I have never heard of a RBB being found in such a close suburb to the CBD.


----------



## Chappy (Feb 5, 2009)

It was a definantly a RBB i saw it on the news dead in a bucket. It was a shame it was killed.


----------



## cracksinthepitch (Feb 5, 2009)

Its a shame that in the news they didnt state that it is illegal to kill native animals including snakes. Surely this is an escapee rather than a local population of red bellies.


----------



## moosenoose (Feb 5, 2009)

cracksinthepitch said:


> Its a shame that in the news they didnt state that it is illegal to kill native animals including snakes.

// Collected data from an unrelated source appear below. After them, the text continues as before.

//! The operands of each opcode.

ghost use Rattle.std.specs.Prelude.{◌≡◌, ◌≤◌, [], ◌∷◌, length, true, false, nat_eq};
ghost use Rattle.vm_operand.specs.Opcode as spec;
ghost use Rattle.vm_operand.specs.Opcode.{kinds_of, IsFew};
ghost use Rattle.vm_operand.specs.declared.opcode.Op.TheVariants as op;
ghost use Rattle.vm_operand.specs.declared.operand.Kind.TheVariants as kind;

use crate::opcode::{Array, Branch, Flow, Math, Move, Op, Search, State, Stream, System, Values};
use crate::operand::Kind;
use crate::operand::Kind::{Load, Store};

impl Op {
    /// Its operands in the order of their bytes, at most eight loads and two stores.
    #[inline(always)]
    pub fn kinds(self) -> &'static [Kind]
        ensures value { result.now ≡ kinds_of self }
        ensures few { IsFew result.now }
    {
        match self {
            Op::Math(op) => op.kinds(),
            Op::Branch(op) => op.kinds(),
            Op::Flow(op) => op.kinds(),
            Op::Move(op) => op.kinds(),
            Op::Array(op) => op.kinds(),
            Op::Values(op) => op.kinds(),
            Op::Stream(op) => op.kinds(),
            Op::State(op) => op.kinds(),
            Op::System(op) => op.kinds(),
            Op::Search(op) => op.kinds(),
        }
    }
}

impl Math {
    /// Whether it has two loads and a store; the others have one load and a store.
    #[inline(always)]
    pub fn is_binary(self) -> bool
        ensures value { result ≡ nat_eq (length (kinds_of (op.Math self))) 3 }
        ensures two { result ≡ true
            → kinds_of (op.Math self) ≡ kind.Load ∷ kind.Load ∷ kind.Store ∷ [] }
        ensures one { result ≡ false → kinds_of (op.Math self) ≡ kind.Load ∷ kind.Store ∷ [] }
    {
        match self {
            Math::Add
            | Math::Sub
            | Math::Mul
            | Math::Div
            | Math::Mod
            | Math::Bitand
            | Math::Bitor
            | Math::Bitxor
            | Math::Shiftl
            | Math::Sshiftr
            | Math::Ushiftr => true,
            Math::Neg | Math::Bitnot => false,
        }
    }

    fn kinds(self) -> &'static [Kind]
        ensures value { result.now ≡ (spec.math_row self).kinds }
        ensures few { IsFew result.now }
    {
        match self {
            Math::Add
            | Math::Sub
            | Math::Mul
            | Math::Div
            | Math::Mod
            | Math::Bitand
            | Math::Bitor
            | Math::Bitxor
            | Math::Shiftl
            | Math::Sshiftr
            | Math::Ushiftr => &[Load, Load, Store],
            Math::Neg | Math::Bitnot => &[Load, Store],
        }
    }
}

impl Branch {
    /// How many loads it has.
    #[inline(always)]
    pub fn loads(self) -> u32
        ensures value { result ≡ length (kinds_of (op.Branch self)) }
        ensures one { result ≡ 1 → kinds_of (op.Branch self) ≡ kind.Load ∷ [] }
        ensures two { result ≡ 2 → kinds_of (op.Branch self)
            ≡ kind.Load ∷ kind.Load ∷ [] }
        ensures three { result ≡ 3
            → kinds_of (op.Branch self) ≡ kind.Load ∷ kind.Load ∷ kind.Load ∷ [] }
        ensures some { 1 ≤ result }
        ensures few { result ≤ 3 }
    {
        match self {
            Branch::Jump | Branch::Jumpabs => 1,
            Branch::Jz | Branch::Jnz => 2,
            Branch::Jeq
            | Branch::Jne
            | Branch::Jlt
            | Branch::Jge
            | Branch::Jgt
            | Branch::Jle
            | Branch::Jltu
            | Branch::Jgeu
            | Branch::Jgtu
            | Branch::Jleu => 3,
        }
    }

    fn kinds(self) -> &'static [Kind]
        ensures value { result.now ≡ (spec.branch_row self).kinds }
        ensures few { IsFew result.now }
    {
        match self {
            Branch::Jump | Branch::Jumpabs => &[Load],
            Branch::Jz | Branch::Jnz => &[Load, Load],
            Branch::Jeq
            | Branch::Jne
            | Branch::Jlt
            | Branch::Jge
            | Branch::Jgt
            | Branch::Jle
            | Branch::Jltu
            | Branch::Jgeu
            | Branch::Jgtu
            | Branch::Jleu => &[Load, Load, Load],
        }
    }
}

impl Flow {
    fn kinds(self) -> &'static [Kind]
        ensures value { result.now ≡ (spec.flow_row self).kinds }
        ensures few { IsFew result.now }
    {
        match self {
            Flow::Call | Flow::Callfi => &[Load, Load, Store],
            Flow::Return => &[Load],
            Flow::Catch => &[Store, Load],
            Flow::Throw | Flow::Tailcall => &[Load, Load],
            Flow::Callf => &[Load, Store],
            Flow::Callfii => &[Load, Load, Load, Store],
            Flow::Callfiii => &[Load, Load, Load, Load, Store],
        }
    }
}

impl Move {
    fn kinds(self) -> &'static [Kind]
        ensures value { result.now ≡ (spec.move_row self).kinds }
        ensures few { IsFew result.now }
    {
        match self {
            Move::Copy | Move::Copys | Move::Copyb | Move::Sexs | Move::Sexb => &[Load, Store],
        }
    }
}

impl Array {
    /// Whether it reads an element into a store; the others write one.
    #[inline(always)]
    pub fn reads(self) -> bool
        ensures two { result ≡ true
            → kinds_of (op.Array self) ≡ kind.Load ∷ kind.Load ∷ kind.Store ∷ [] }
        ensures three { result ≡ false
            → kinds_of (op.Array self) ≡ kind.Load ∷ kind.Load ∷ kind.Load ∷ [] }
    {
        match self {
            Array::Aload | Array::Aloads | Array::Aloadb | Array::Aloadbit => true,
            Array::Astore | Array::Astores | Array::Astoreb | Array::Astorebit => false,
        }
    }

    fn kinds(self) -> &'static [Kind]
        ensures value { result.now ≡ (spec.array_row self).kinds }
        ensures few { IsFew result.now }
    {
        match self {
            Array::Aload | Array::Aloads | Array::Aloadb | Array::Aloadbit => &[Load, Load, Store],
            Array::Astore | Array::Astores | Array::Astoreb | Array::Astorebit => &[
                Load, Load, Load,
            ],
        }
    }
}

impl Values {
    fn kinds(self) -> &'static [Kind]
        ensures value { result.now ≡ (spec.values_row self).kinds }
        ensures few { IsFew result.now }
    {
        match self {
            Values::Stkcount => &[Store],
            Values::Stkpeek => &[Load, Store],
            Values::Stkswap => &[],
            Values::Stkroll => &[Load, Load],
            Values::Stkcopy => &[Load],
        }
    }
}

impl Stream {
    fn kinds(self) -> &'static [Kind]
        ensures value { result.now ≡ (spec.stream_row self).kinds }
        ensures few { IsFew result.now }
    {
        match self {
            Stream::Streamchar
            | Stream::Streamnum
            | Stream::Streamstr
            | Stream::Streamunichar
            | Stream::Setstringtbl => &[Load],
            Stream::Getstringtbl => &[Store],
            Stream::Getiosys => &[Store, Store],
            Stream::Setiosys => &[Load, Load],
        }
    }
}

impl State {
    fn kinds(self) -> &'static [Kind]
        ensures value { result.now ≡ (spec.state_row self).kinds }
        ensures few { IsFew result.now }
    {
        match self {
            State::Quit | State::Restart | State::Discardundo => &[],
            State::Verify | State::Saveundo | State::Restoreundo | State::Hasundo => &[Store],
            State::Save | State::Restore => &[Load, Store],
            State::Protect => &[Load, Load],
        }
    }
}

impl System {
    fn kinds(self) -> &'static [Kind]
        ensures value { result.now ≡ (spec.system_row self).kinds }
        ensures few { IsFew result.now }
    {
        match self {
            System::Nop => &[],
            System::Gestalt | System::Glk => &[Load, Load, Store],
            System::Debugtrap | System::Setrandom => &[Load],
            System::Getmemsize => &[Store],
            System::Setmemsize | System::Random => &[Load, Store],
            System::Accelfunc | System::Accelparam => &[Load, Load],
        }
    }
}

impl Search {
    fn kinds(self) -> &'static [Kind]
        ensures value { result.now ≡ (spec.search_row self).kinds }
        ensures few { IsFew result.now }
    {
        match self {
            Search::Linearsearch | Search::Binarysearch => &[
                Load, Load, Load, Load, Load, Load, Load, Store,
            ],
            Search::Linkedsearch => &[Load, Load, Load, Load, Load, Load, Store],
            Search::Mzero => &[Load, Load],
            Search::Mcopy => &[Load, Load, Load],
            Search::Malloc => &[Load, Store],
            Search::Mfree => &[Load],
        }
    }
}
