//! Instructions: opcodes and their operands, arithmetic and the conditions of branches.
#![tactic(auto)]

mod arithmetic;
mod branches;
mod code;
mod fault;
mod instruction;
mod kinds;
mod laws;
mod mode;
mod opcode;
mod operand;

pub use arithmetic::arith;
pub use branches::holds;
pub use code::{dest_in, load_in, opcode_in};
pub use fault::OpFault;
pub use instruction::{Instr, decode};
pub use laws::{decodes_what_is_spelled, spells_what_is_decoded};
pub use opcode::{Array, Branch, Flow, Math, Move, Op, Search, State, Stream, System, Values};
pub use operand::{Dest, Dests, Kind, Load, Loads};
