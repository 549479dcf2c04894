//! The conditions of branches.

ghost use Rattle.std.specs.Prelude.{◌≡◌, IsSome, IfSome};
ghost use Rattle.vm_operand.specs.Branch as spec;
ghost use Rattle.vm_operand.specs.Branch.{branch_of};
ghost use Rattle.vm_operand.specs.Opcode.{op_of};

use crate::opcode::{Branch, Op};

impl Branch {
    /// Whether the branch is taken at its two loads: jz and jnz look at the first alone, and jump
    /// and jumpabs at none.
    #[tactic(auto, unfolding(crate::specs::Branch::holds))]
    pub fn holds(self, left: u32, right: u32) -> bool
        ensures value { result ≡ spec.holds self left right }
    {
        match self {
            Branch::Jump | Branch::Jumpabs => true,
            Branch::Jz => left == 0,
            Branch::Jnz => left != 0,
            Branch::Jeq => left == right,
            Branch::Jne => left != right,
            Branch::Jlt => left.cast_signed() < right.cast_signed(),
            Branch::Jge => left.cast_signed() >= right.cast_signed(),
            Branch::Jgt => left.cast_signed() > right.cast_signed(),
            Branch::Jle => left.cast_signed() <= right.cast_signed(),
            Branch::Jltu => left < right,
            Branch::Jgeu => left >= right,
            Branch::Jgtu => left > right,
            Branch::Jleu => left <= right,
        }
    }
}

/// Whether the branch of this number, 0x22 to 0x2D of the table or a jump, is taken at its loads
/// (Glulx 3.1.3, "Branches").
pub fn holds(op: u32, left: u32, right: u32) -> bool
    requires { IsSome (branch_of (op_of op)) }
    ensures value { IfSome (branch_of (op_of op)) (λ branch.
        result ≡ spec.holds branch left right) }
{
    match Op::of(op) {
        Some(Op::Branch(branch)) => branch.holds(left, right),
        _ => unreachable!(),
    }
}
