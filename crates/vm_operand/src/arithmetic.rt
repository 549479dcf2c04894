//! Arithmetic on 32 bits.

ghost use Rattle.std.specs.Prelude.{◌≡◌, IsSome, IfSome, int_div, int_rem};
ghost use Rattle.vm_operand.specs.Arithmetic.{applied, divided, signed, math_of};
ghost use Rattle.vm_operand.specs.Opcode.{op_of};

use crate::OpFault;
use crate::opcode::{Math, Op};

fn quotient(left: u32, right: u32) -> Result<u32, OpFault>
    ensures { result ≡ divided left right (int_div (signed left) (signed right)) }
{
    if right == 0 {
        Err(OpFault::DivideByZero)
    } else if left == 0x8000_0000 && right == 0xFFFF_FFFF {
        Err(OpFault::DivideOverflow)
    } else {
        Ok((left.cast_signed() / right.cast_signed()).cast_unsigned())
    }
}

fn remainder(left: u32, right: u32) -> Result<u32, OpFault>
    ensures { result ≡ divided left right (int_rem (signed left) (signed right)) }
{
    if right == 0 {
        Err(OpFault::DivideByZero)
    } else if left == 0x8000_0000 && right == 0xFFFF_FFFF {
        Err(OpFault::DivideOverflow)
    } else {
        Ok((left.cast_signed() % right.cast_signed()).cast_unsigned())
    }
}

impl Math {
    /// What the opcode gives for its two loads, of which neg and bitnot take the first alone.
    /// DivideByZero and DivideOverflow (-2^31 by -1) come at div and mod alone.
    #[inline(always)]
    #[tactic(auto, unfolding(crate::specs::Arithmetic::applied))]
    pub fn apply(self, left: u32, right: u32) -> Result<u32, OpFault>
        ensures value { result ≡ applied self left right }
    {
        Ok(match self {
            Math::Add => left.wrapping_add(right),
            Math::Sub => left.wrapping_sub(right),
            Math::Mul => left.wrapping_mul(right),
            Math::Div => return quotient(left, right),
            Math::Mod => return remainder(left, right),
            Math::Neg => left.wrapping_neg(),
            Math::Bitand => left & right,
            Math::Bitor => left | right,
            Math::Bitxor => left ^ right,
            Math::Bitnot => !left,
            Math::Shiftl if right < 32 => left << right,
            Math::Ushiftr if right < 32 => left >> right,
            Math::Shiftl | Math::Ushiftr => 0,
            Math::Sshiftr if right < 32 => (left.cast_signed() >> right).cast_unsigned(),
            Math::Sshiftr if left < 0x8000_0000 => 0,
            Math::Sshiftr => 0xFFFF_FFFF,
        })
    }
}

/// What the opcode of arithmetic of this number, 0x10 to 0x1E of the table, gives for its loads
/// (Glulx 3.1.3, "Integer Math").
pub fn arith(op: u32, left: u32, right: u32) -> Result<u32, OpFault>
    requires { IsSome (math_of (op_of op)) }
    ensures value { IfSome (math_of (op_of op)) (λ math. result ≡ applied math left right) }
{
    match Op::of(op) {
        Some(Op::Math(math)) => math.apply(left, right),
        _ => unreachable!(),
    }
}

Surely this is an escapee rather than a local population of red bellies.



The annoying thing about it is everyone sees that they've killed it, with no repercussions. Can you image if it was a koala they bludgeoned to death?? The outcry! 

It seriously annoys me when you hear about this sort of thing happening. The media are the first to jump all over a bite story (of any nature) but then won't mention key factors like "venom detection kits" and why people don't need to go wasting time and risking further bites trying to catch/kill the snake for the sake of IDing it. The fact that these animals ARE protected (bloody joke IMO) and can only be legally removed or euthanised by a licensed reptile controller. 

Chappy, did you see enough to work out how big it was?


----------



## -Peter (Feb 6, 2009)

I kill Collingwood supporters on sight just to be on the safe side. I have kids and pets.

They killed the snake because its RED, BLACK and WHITE.


----------



## LullabyLizard (Feb 6, 2009)

Woah peter thats a great pic!!


----------



## moosenoose (Feb 6, 2009)

-Peter said:


> They killed the snake because its RED, BLACK and WHITE.



Probably explains why I am deeply in love with red bellies :lol:


----------



## Bax155 (Feb 6, 2009)

I agree he should be prosecuted, look at all the other stars that have a good time and end up in trouble!!
What this guy has done is far worse then I big night on the turps with the boys after a big win!!


----------



## shaggymelb (Feb 6, 2009)

It was his mother that killed it!!!!!!....big tuff footy player that he is.
and I agree..it seems that if you're relatively famous there are no repercussions to this sort of thing..responsible reporting would have seen the channel state that killing protected wildlife is not only illegal but DANGEROUS


----------



## moosenoose (Feb 6, 2009)

I rang Neil Mitchell this morning on 3AW and mentioned it was illegal to kill native wildlife and he laughed saying he’d do the same thing. I then told him we should all have an obligation to protect native wildlife and shouldn’t be killing them…..he changed his tune very slightly and said he wasn’t promoting the killing - pffft. The beauty about this mornings radio show was he admitted the station was being inundated with calls from people who said it was wrong to kill them. He said “but how else are you able to have the snake identified if you don’t kill it and bring it to the hospital” to which I mentioned SVDK’s being at all of the hospitals and briefly how they work.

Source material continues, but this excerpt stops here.